§ Task objective
Which lines in the records below contain the word "Rattle"? Copy each of them.

|---|

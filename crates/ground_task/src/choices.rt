//! Choices as literals of variables, and back.
ghost use Rattle.std.specs.Prelude.{◌≡◌, length, slice_get, Some, IsTrue, IfOk, ◌↔◌};
ghost use Rattle.kb_logic.specs.Structures.{EachWith};
ghost use Rattle.ground_core.specs.Solving.{IsSublist};
ghost use Rattle.term_values.specs.GroundBases.{GroundBase};
ghost use Rattle.atom_numbers.specs.Numbers.{HasNumber};
ghost use Rattle.ground_task.specs.Choices.{AreOver, AreChosen};

use atom_numbers::AtomNumbers;
use kb_logic::{Literal, LiteralList, Memory};
use lit_core::Lit;
use std::alloc::Global;

/// The literals of the choices' variables.
pub(crate) fn lits_of(
    alloc: Global,
    numbers: &AtomNumbers,
    choices: &[Literal],
) -> Result<Vec<Lit>, Memory>
    requires { AreOver numbers.now choices.now }
    ensures { IfOk result (λ lits. EachWith (HasNumber numbers.now) choices.now lits.items) }
{
    let mut lits = Vec::with_capacity(alloc, choices.len())?;
    for choice in choices {
        lits.push(numbers.lit_of(choice))?;
    }
    Ok(lits)
}

/// Whether the literal is the one that stands here.
fn stands_at(lits: &[Lit], at: usize, lit: Lit) -> bool
    ensures { IsTrue result ↔ slice_get lits.now at ≡ Some lit }
{
    match lits.get(at) {
        Some(found) => *found == lit,
        None => false,
    }
}

// A core has its literals in the order of what was assumed, so that one walk along both finds all.
/// The choices whose literals the core has, in their order.
pub(crate) fn chosen_among(
    alloc: Global,
    choices: &[Literal],
    lits: &[Lit],
    core: &[Lit],
) -> Result<LiteralList, Memory>
    requires same { length choices.now ≡ length lits.now }
    requires among { IsSublist core.now lits.now }
    ensures { IfOk result (λ some. (b : GroundBase) → EachWith (HasNumber b) choices.now lits.now
        → AreChosen b choices.now core.now some) }
{
    let mut some = LiteralList::new(alloc);
    let mut at = 0;
    for k in 0..choices.len() {
        if !stands_at(core, at, lits[k]) {
            continue;
        }
        some.push(choices[k].copy(alloc)?)?;
        at += 1;
    }
    Ok(some)
}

|---|

§ Task solution
ghost use Rattle.std.specs.Prelude.{◌≡◌, length, slice_get, Some, IsTrue, IfOk, ◌↔◌};
ghost use Rattle.kb_logic.specs.Structures.{EachWith};
ghost use Rattle.ground_core.specs.Solving.{IsSublist};
ghost use Rattle.term_values.specs.GroundBases.{GroundBase};
ghost use Rattle.atom_numbers.specs.Numbers.{HasNumber};
ghost use Rattle.ground_task.specs.Choices.{AreOver, AreChosen};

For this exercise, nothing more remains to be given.